Health problems can show up as behavior issues in our pets. Your pet may paw at their teeth or mouth or can display symptoms such as drooling excessively (and the drool may contain blood or pus) if he or she is experiencing dental problems. Teeth grinding, excessive yawning, and insufficient grooming are also symptoms of dental health issues.
Tooth discoloration, bad breath, swollen gums are also common signs. If your pet is in pain, they may even stop eating. Find out more about symptoms to the left under Pet Teeth Cleaning & Exams.
- What long-term problems can poor oral health potentially cause in my pet?
Oral health issues and conditions may cause problems such as bad breath, cavities, and severe periodontal disease, but they can also develop into diseases in other areas of the body such as the heart, liver, and kidney.

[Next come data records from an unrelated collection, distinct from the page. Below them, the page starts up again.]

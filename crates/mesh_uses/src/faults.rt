//! The errors of the uses.
use mesh::{FinishError, NewFault, OpenError, Refusal};
use std::alloc::{AllocError, AllocFailed};
use thiserror::Error;

/// The reason why a use failed.
#[derive(Debug, Drop, Error)]
pub(crate) enum UseError {
    /// A call of the heap was refused.
    #[error("{0}")]
    Refused(#[from] Refusal),
    /// An allocation failed.
    #[error("out of memory")]
    Memory,
    /// Seats and journal don't form a history.
    #[error("{0}")]
    Finish(#[from] FinishError),
    /// A call returned another answer than expected.
    #[error("another answer: {0}")]
    Answer(&'static str),
}

impl From<AllocError> for UseError {
    fn from(_refused: AllocError) -> UseError {
        UseError::Memory
    }
}

impl<T: Drop> From<AllocFailed<T>> for UseError {
    fn from(_refused: AllocFailed<T>) -> UseError {
        UseError::Memory
    }
}

impl From<NewFault> for UseError {
    fn from(fault: NewFault) -> UseError {
        match fault {
            NewFault::Refused(refusal) => UseError::Refused(refusal),
            NewFault::Memory => UseError::Memory,
        }
    }
}

impl From<OpenError> for UseError {
    fn from(_refused: OpenError) -> UseError {
        UseError::Memory
    }
}
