//! Two mutators that share one book, each on a thread of its own.
use crate::faults::UseError;
use arrayvec::ArrayVec;
use mesh::{Book, Command, Seat, Shared};
use std::sync::Wait;
use std::thread::{Threads, join};

/// Runs two threads on one heap of 16 pages, and returns the length of the one history of both.
pub(crate) fn share<R: AllocGlobal + Threads + Wait + Sync>(rt: &R) -> Result<usize, UseError> {
    let alloc = rt.alloc();
    let book = Book::open(alloc, 16, 64)?;
    let (shared, seats) = Shared::open(alloc, book, &[3, 3])?;
    let seats = served(rt, &shared, seats)?;
    let ended = shared.finish(alloc, seats)?;
    Ok(ended.history.len())
}

/// Runs the work of both threads, and returns the two seats.
fn served<R: AllocGlobal + Threads + Wait + Sync>(
    rt: &R,
    shared: &Shared,
    mut seats: Vec<Seat>,
) -> Result<Vec<Seat>, UseError> {
    let second = seats.pop();
    let first = seats.pop();
    let (Some(mut first), Some(mut second)) = (first, second) else {
        return Err(UseError::Answer("another count of seats"));
    };
    join(
        rt,
        || use_heap(rt, shared, &mut first, 0),
        || use_heap(rt, shared, &mut second, 1),
    );
    Ok(vec![in rt.alloc(); first, second]?)
}

/// Does one mutator's work: makes an object that `cell` names, stores two bytes in the object, and loads them.
fn use_heap<R: Wait>(rt: &R, shared: &Shared, seat: &mut Seat, cell: u8) {
    let mut bytes = ArrayVec::new();
    bytes.push(b'h');
    bytes.push(b'i');
    shared.retry_call(rt, seat, &Command::New(cell, 2048, 0));
    shared.retry_call(rt, seat, &Command::Put(cell, 0, bytes));
    shared.retry_call(rt, seat, &Command::Get(cell, 0, 2));
}
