//! A mesh that is cancelled.
use crate::faults::UseError;
use crate::objects::{is_done, two_groups};
use mesh::{Heap, class_of};

/// Begins a mesh, cancels it after its first step, and unwinds it. Then checks that a store to an object of the source
/// isn't blocked. Returns the number of steps of the unwinding.
pub(crate) fn cancel_a_mesh(heap: &mut Heap) -> Result<usize, UseError> {
    let class = class_of(2048)?;
    let objects = two_groups(heap)?;
    let _ = heap.begin(1, 0)?;
    let _ = heap.step(class)?;
    let steps = heap.cancel(class)?;
    for _ in 0..steps {
        let _ = heap.step(class)?;
    }
    if heap.running(class) || !is_done(heap.write(objects.low, 0, b"x".as_slice()))? {
        return Err(UseError::Answer("a mesh that isn't unwound"));
    }
    Ok(steps as usize)
}
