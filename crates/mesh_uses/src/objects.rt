//! Two groups that can be meshed, with an object in each.
use crate::faults::UseError;
use mesh::{Heap, Ref, Stored};

/// The objects of two groups with no common occupied slot.
#[derive(Clone, Copy)]
pub(crate) struct Objects {
    /// The object in slot 1 of group 0.
    pub high: Ref,
    /// The object in slot 0 of group 1.
    pub low: Ref,
}

/// Makes three objects of 2,048 bytes, and frees the first. The first two fill group 0, and the third is in group 1.
pub(crate) fn two_groups(heap: &mut Heap) -> Result<Objects, UseError> {
    let freed = make(heap)?;
    let high = make(heap)?;
    let low = make(heap)?;
    heap.free(freed)?;
    Ok(Objects { high, low })
}

/// Makes an object of 2,048 bytes, in the first free slot. The error is Answer if no serial is left, Refused if `new`
/// is refused, and Memory if an allocation fails.
fn make(heap: &mut Heap) -> Result<Ref, UseError> {
    if heap.is_full() {
        return Err(UseError::Answer("no serial is left"));
    }
    let object = heap.new(2048, 0)?;
    Ok(object)
}

/// Whether a store was done. `false` if the store was blocked. The error is Refused if the store was refused.
pub(crate) fn is_done(stored: Stored) -> Result<bool, UseError> {
    match stored {
        Stored::Done => Ok(true),
        Stored::Blocked => Ok(false),
        Stored::Refused(refusal) => Err(UseError::Refused(refusal)),
    }
}
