//! A mesh step by step, with a store between the steps.
use crate::faults::UseError;
use crate::objects::{is_done, two_groups};
use mesh::{Heap, class_of};

/// Meshes two groups, and before each step tries to store into the object that the mesh moves. Returns the number of
/// blocked stores: those between the step that makes the object's page read-only and the step that makes the page
/// writable again.
pub(crate) fn store_between_steps(heap: &mut Heap) -> Result<usize, UseError> {
    let class = class_of(2048)?;
    let objects = two_groups(heap)?;
    let steps = heap.begin(1, 0)?;
    let mut blocked = 0usize;
    for _ in 0..steps {
        if !is_done(heap.write(objects.low, 0, b"x".as_slice()))? {
            blocked = blocked.saturating_add(1);
        }
        let _ = heap.step(class)?;
    }
    Ok(blocked)
}
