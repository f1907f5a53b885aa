//! Five uses of the library, each in a file of its own. The program prints one line with the result of each.
#![tactic(auto)]

mod cancelled;
mod faults;
mod journal;
mod objects;
mod spans;
mod stepwise;
mod threads;

use crate::faults::UseError;
use mesh::{Book, Heap};
use std::io;
use std::sync::Wait;
use std::thread::Threads;

/// A use of a heap.
#[derive(Clone, Copy)]
enum HeapUse {
    Spans,
    Stepwise,
    Cancelled,
}

fn main(rt: HostRuntime) -> io::Result<()> {
    tell(&rt, "pages that came free", use_heap(&rt, HeapUse::Spans))?;
    tell(&rt, "stores blocked", use_heap(&rt, HeapUse::Stepwise))?;
    tell(&rt, "steps to unwind", use_heap(&rt, HeapUse::Cancelled))?;
    tell(&rt, "entries of a journal", use_book(&rt))?;
    tell(&rt, "entries of two threads", threads::share(&rt))
}

/// Prints one line with the result of a use.
fn tell<R: Print>(rt: &R, what: &str, came: Result<usize, UseError>) -> io::Result<()> {
    match came {
        Ok(count) => println!(rt; "{what}: {count}"),
        Err(fault) => println!(rt; "{what}: {fault}"),
    }
}

impl HeapUse {
    /// Runs this use on a heap.
    fn of(self, heap: &mut Heap) -> Result<usize, UseError> {
        match self {
            HeapUse::Spans => spans::mesh_two_spans(heap),
            HeapUse::Stepwise => stepwise::store_between_steps(heap),
            HeapUse::Cancelled => cancelled::cancel_a_mesh(heap),
        }
    }
}

/// Opens a heap of 16 pages, and runs a use on it.
fn use_heap<R: AllocGlobal>(rt: &R, usage: HeapUse) -> Result<usize, UseError> {
    let mut heap = Heap::open(rt.alloc(), 16)?;
    usage.of(&mut heap)
}

/// Opens a book over 16 pages, and runs the use of the journal on it.
fn use_book<R: AllocGlobal>(rt: &R) -> Result<usize, UseError> {
    let mut book = Book::open(rt.alloc(), 16, 64)?;
    journal::keep_a_journal(&mut book)
}
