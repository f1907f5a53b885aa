//! A book, whose journal is a legal history of a reference memory of separate objects.
ghost use Rattle.model_words.specs.Commands.{IsInRange};

use crate::faults::UseError;
use arrayvec::ArrayVec;
use mesh::{Attempt, Book, Command};

/// Performs commands of two workers with a mesh between them, and returns how many entries the journal has.
pub(crate) fn keep_a_journal(book: &mut Book) -> Result<usize, UseError> {
    let mut bytes = ArrayVec::new();
    bytes.push(b'h');
    bytes.push(b'i');
    act(book, 0, &Command::New(0, 2048, 0))?;
    act(book, 0, &Command::New(1, 2048, 0))?;
    act(book, 1, &Command::New(2, 2048, 0))?;
    act(book, 0, &Command::Free(0))?;
    act(book, 1, &Command::Put(2, 0, bytes))?;
    let _ = book.mesh_whole(1, 0)?;
    act(book, 1, &Command::Get(2, 0, 2))?;
    act(book, 1, &Command::Addr(2))?;
    act(book, 0, &Command::Get(0, 0, 1))?;
    Ok(book.journal().len())
}

/// Performs a command of a worker. The error is Memory if an allocation fails, and Answer if the command is blocked or
/// the journal is full.
fn act(book: &mut Book, worker: u32, command: &Command) -> Result<(), UseError>
    requires { IsInRange command.now }
{
    match book.act(worker, command) {
        Attempt::Done(_) => Ok(()),
        Attempt::OutOfMemory => Err(UseError::Memory),
        _ => Err(UseError::Answer("a command that isn't done")),
    }
}
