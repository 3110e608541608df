//! Which calls of an object in memory fail.
ghost use Rattle.std.specs.Prelude.{◌≡◌, ◌↔◌, ◌≤◌, [], IsTrue, if◌then◌else◌};
ghost use Rattle.vod_source.specs.Causes.{Rose};
ghost use Rattle.vod_source.specs.Memory.{IsDue, counted, failed};

use std::marker::Model;

/// The calls that are to fail, by number from 1. It counts the calls, and those that failed; either count stands still at
/// the end of its type.
#[derive(Drop)]
pub struct Calls {
    fails: Vec<u64>,
    made: u64,
    faults: u64,
}

impl Model for Calls {
    ghost use Rattle.vod_source.specs.Causes.{Rose};
    ghost use Rattle.vod_source.specs.Memory.{Plan};

    ghost Value = { Plan };

    ghost view = { λ a. record { fails = a.fails.items; made = a.made; faults = a.faults } };
}

impl Calls {
    /// No call was made yet.
    pub fn new(fails: Vec<u64>) -> Self
        ensures { result ≡ record { fails = fails.items; made = 0; faults = 0 } }
    {
        Calls {
            fails,
            made: 0,
            faults: 0,
        }
    }

    /// Counts a call, and whether it is to fail.
    pub fn begin(&mut self) -> bool
        ensures due { IsTrue result ↔ IsDue self.old }
        ensures after { self.new ≡ (if result then failed (counted self.old) else counted self.old) }
        ensures later { self.old.faults ≤ self.new.faults }
        ensures rose { IsTrue result → Rose self.old.faults self.new.faults }
    {
        let due = match self.made.checked_add(1) {
            Some(number) => {
                self.made = number;
                self.fails.contains(&number)
            }
            None => false,
        };
        if due {
            self.faults = self.faults.saturating_add(1);
        }
        due
    }

    /// Counts a failure of the call that was counted last.
    pub fn fail(&mut self)
        ensures after { self.new ≡ failed self.old }
        ensures later { self.old.faults ≤ self.new.faults }
        ensures rose { Rose self.old.faults self.new.faults }
    {
        self.faults = self.faults.saturating_add(1);
    }
}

Tumors or cysts may also develop, or you may find your pet is not feeling well in general (if you've ever had a cavity or toothache, you know how it can affect your mood). Plus, oral health-related conditions and diseases can cause significant pain around the mouth and even shorten your pet's lifespan.
This is why we are so passionate about reminding pet owners that regular dental care is essential to their pets' health and wellbeing.
- What happens during a pet teeth cleaning appointment?
As the vet performs your pet's regular oral exam, he or she will check for oral health conditions or any other symptoms your pet may need to be treated.
Tartar and other debris will be cleaned from your dog's or cat's teeth. The vet will also indicate whether gingivitis, cavities, or other conditions need to be addressed, and provide advice on which actions you can take to correct them.
In some cases, serious oral health conditions will need to be treated with surgery. Before their dental procedure, your pet will be given anesthesia to make sure they do not experience any pain or discomfort. However, you may need to provide special care at home post-surgery.
If you notice your pet displaying any symptoms, book a dental appointment with us.
- What should I do at home to keep my pet’s teeth clean between dental appointments?
Brush your pet's teeth on a regular basis at home and provide dental chew toys to help eliminate plaque.
Do not allow your pet to chew on items that may damage their teeth such as objects that are too hard, toys, bones, or other things that could cause teeth to break or fracture. Feel free to contact your vet with any questions or concerns about your pet's oral health.
Veterinary Dentistry: Anesthesia & Your Pet's Oral Health
Cats and dogs do not understand what is going on during dental procedures, and will often react to dental procedures by struggling or biting. We provide anesthesia to all of our patients before performing dental procedures. This puts less stress on the animals and allows us to x-ray their mouth as needed.